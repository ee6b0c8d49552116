//! How a hardware id leads to an install section.

ghost use Rattle.std.specs.Prelude.{codes, ◌≡◌, [], map, drop, take, length, None, IfOk};
ghost use Rattle.std.specs.List.{filter_map};
ghost use Rattle.std.specs.Option.{option_copied};
ghost use Rattle.inf_file.specs.Keyed.{string_in};
ghost use Rattle.inf_text.specs.Names.{is_same};
ghost use Rattle.inf_text.specs.Sections.{has_key, value_at, place_named};
ghost use Rattle.inf_file.specs.Strings.{replaced};
ghost use Rattle.inf_file.specs.Earliest.{earliest};
ghost use Rattle.inf_file.specs.Models.{is_good_signature, is_signed_by, is_signed, dotted, usual_names, first_place, is_nt_x86, decoration_place, decorated_place, models_place, has_id, model_of, install_place};

use crate::lines::earlier_if;
use crate::repeats::{lines_thinned, push_place};
use crate::source::Source;
use inf_text::{Line, Name, is_same, is_word};
use nd_base::{OutOfMemory, Wide};
use std::alloc::Global;

pub const DOT: u16 = 46;

#[tactic(auto, unfolding(crate::specs::Models::is_good_signature))]
fn is_good_signature(text: &[u16]) -> bool
    ensures { result ≡ is_good_signature text.now }
{
    is_word(text, b"$Windows NT$") || is_word(text, b"$Chicago$") || is_word(text, b"$Windows 95$")
}

#[tactic(auto, unfolding(crate::specs::Models::is_signed_by))]
fn is_signed_by(line: &Line) -> bool
    ensures { result ≡ is_signed_by line.now }
{
    line.has_key(b"Signature") && is_good_signature(line.value_at(0))
}

/// Whether a line of `[Version]` has a signature of Windows.
#[tactic(auto, unfolding(crate::specs::Models::is_signed))]
pub fn is_signed(lines: &[Line]) -> bool
    ensures { result ≡ is_signed lines.now }
{
    lines.iter().any(|line| is_signed_by(line))
}

/// A section's name with a decoration.
#[tactic(auto, unfolding(crate::specs::Models::dotted))]
fn dotted(alloc: Global, name: &[u16], decoration: &[u16]) -> Result<Wide, OutOfMemory>
    ensures { IfOk result (λ text. text ≡ dotted name.now decoration.now) }
{
    let mut text = Wide::copy(alloc, name)?;
    text.push(DOT)?;
    text.extend_from_slice(decoration)?;
    Ok(text)
}

/// The place of the section of a name with a decoration.
fn decorated_section(
    source: &Source,
    name: &[u16],
    decoration: &[u16],
) -> Result<Option<usize>, OutOfMemory>
    ensures { IfOk result (λ place. place ≡ place_named (dotted name.now decoration.now) source.now.inf.now) }
{
    let text = dotted(source.alloc, name, decoration)?;
    Ok(source.inf.place(&Name::new(text)))
}

/// The place of the closest section for i386 that exists of a name.
#[tactic(auto, unfolding(crate::specs::Models::first_place, crate::specs::Models::usual_names))]
fn usual_place(source: &Source, name: Wide) -> Result<Option<usize>, OutOfMemory>
    ensures { IfOk result (λ place. place ≡ first_place (usual_names name) source.now.inf.now) }
{
    if let Some(place) = decorated_section(source, name.as_slice(), &NT_X86)? {
        return Ok(Some(place));
    }
    if let Some(place) = decorated_section(source, name.as_slice(), &NT)? {
        return Ok(Some(place));
    }
    Ok(source.inf.place(&Name::new(name)))
}

/// `NTx86`.
const NT_X86: [u16; 5] = [78, 84, 120, 56, 54];

/// `NT`.
const NT: [u16; 2] = [78, 84];

/// Whether a decoration begins with `NTx86`.
#[tactic(auto, unfolding(crate::specs::Models::is_nt_x86))]
pub fn is_nt_x86(decoration: &[u16]) -> bool
    ensures { result ≡ is_nt_x86 decoration.now }
{
    is_word(&decoration[..decoration.len().min(5)], b"NTx86")
}

/// The place of the section of a name with a decoration that is meant for i386.
#[tactic(auto, unfolding(crate::specs::Models::decoration_place))]
fn decoration_place(
    source: &Source,
    name: &[u16],
    decoration: &[u16],
) -> Result<Option<usize>, OutOfMemory>
    ensures { IfOk result (λ place. place ≡ decoration_place (string_in source.now.strings.now) source.now.inf.now name.now decoration.now) }
{
    let text = source.strings.replaced(source.alloc, decoration)?;
    if is_nt_x86(text.as_slice()) {
        decorated_section(source, name, text.as_slice())
    } else {
        Ok(None)
    }
}

/// The place of the first section that exists of a name with one of the decorations.
#[tactic(auto, unfolding(crate::specs::Models::decorated_place))]
fn decorated_place(
    source: &Source,
    name: &[u16],
    mut decorations: &[Wide],
) -> Result<Option<usize>, OutOfMemory>
    ensures { IfOk result (λ place. place ≡ decorated_place (string_in source.now.strings.now) source.now.inf.now name.now decorations.now) }
{
    while let [decoration, rest @ ..] = decorations {
        if let Some(place) = decoration_place(source, name, decoration.as_slice())? {
            return Ok(Some(place));
        }
        decorations = rest;
    }
    Ok(None)
}

/// All values but the first.
pub fn behind_first(values: &[Wide]) -> &[Wide]
    ensures { result.now ≡ drop 1 values.now }
{
    &values[values.len().min(1)..]
}

/// The place of the models section that a manufacturer's line leads to.
#[tactic(auto, unfolding(crate::specs::Models::models_place))]
fn models_place(source: &Source, maker: &Line) -> Result<Option<usize>, OutOfMemory>
    ensures { IfOk result (λ place. place ≡ models_place (string_in source.now.strings.now) source.now.inf.now maker.now) }
{
    let name = source.strings.value(source.alloc, maker, 0)?;
    let decorations = behind_first(maker.values());
    match decorated_place(source, name.as_slice(), decorations)? {
        Some(place) => Ok(Some(place)),
        None => usual_place(source, name),
    }
}

/// Whether a model line has the hardware id behind its install section.
#[tactic(auto, unfolding(crate::specs::Models::has_id))]
fn has_id(source: &Source, id: &[u16], model: &Line) -> Result<bool, OutOfMemory>
    ensures { IfOk result (λ b. b ≡ has_id (string_in source.now.strings.now) id.now model.now) }
{
    for value in behind_first(model.values()) {
        let text = source.strings.replaced(source.alloc, value.as_slice())?;
        if is_same(id, text.as_slice()) {
            return Ok(true);
        }
    }
    Ok(false)
}

/// The first line of the file among those with the hardware id.
#[tactic(auto, unfolding(crate::specs::Earliest::earliest))]
fn first_with_id<'a>(
    source: &Source,
    id: &[u16],
    lines: &[&'a Line],
) -> Result<Option<&'a Line>, OutOfMemory>
    ensures { IfOk result (λ l. option_copied l ≡ earliest (has_id (string_in source.now.strings.now) id.now) (map (λ l. l.now) lines.now)) }
{
    let mut best: Option<&Line> = None;
    for line in lines {
        best = earlier_if(has_id(source, id, line)?, best, line);
    }
    Ok(best)
}

/// The places of the models sections that manufacturers' lines lead to, in order.
#[tactic(auto, using(crate::proofs::ListLemmas::filter_map_more))]
fn models_places(source: &Source, makers: &[Line]) -> Result<Vec<usize>, OutOfMemory>
    ensures { IfOk result (λ v. v.items ≡ filter_map (models_place (string_in source.now.strings.now) source.now.inf.now) makers.now) }
{
    let mut places = Vec::new(source.alloc);
    for maker in makers {
        let place = models_place(source, maker)?;
        push_place(&mut places, place)?;
    }
    Ok(places)
}

/// The first line of the file among the model lines with the hardware id.
#[tactic(auto, using(crate::proofs::ParamLaws::earliest_thinned))]
pub fn model_of<'a>(
    source: &Source<'a>,
    makers: &[Line],
    id: &[u16],
) -> Result<Option<&'a Line>, OutOfMemory>
    ensures { IfOk result (λ l. option_copied l ≡ model_of (string_in source.now.strings.now) source.now.inf.now makers.now id.now) }
{
    let places = models_places(source, makers)?;
    let models = lines_thinned(source, places.as_slice())?;
    first_with_id(source, id, models.as_slice())
}

/// The place of the install section that a model line names.
#[tactic(auto, unfolding(crate::specs::Models::install_place))]
pub fn install_place(source: &Source, model: &Line) -> Result<Option<usize>, OutOfMemory>
    ensures { IfOk result (λ place. place ≡ install_place (string_in source.now.strings.now) source.now.inf.now model.now) }
{
    let name = source.strings.value(source.alloc, model, 0)?;
    usual_place(source, name)
}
***
What lines of the listing above hold "None"? Copy all of them.

SOLUTION TO THE PROBLEM:
ghost use Rattle.std.specs.Prelude.{codes, ◌≡◌, [], map, drop, take, length, None, IfOk};
        Ok(None)
    Ok(None)
        None => usual_place(source, name),
    let mut best: Option<&Line> = None;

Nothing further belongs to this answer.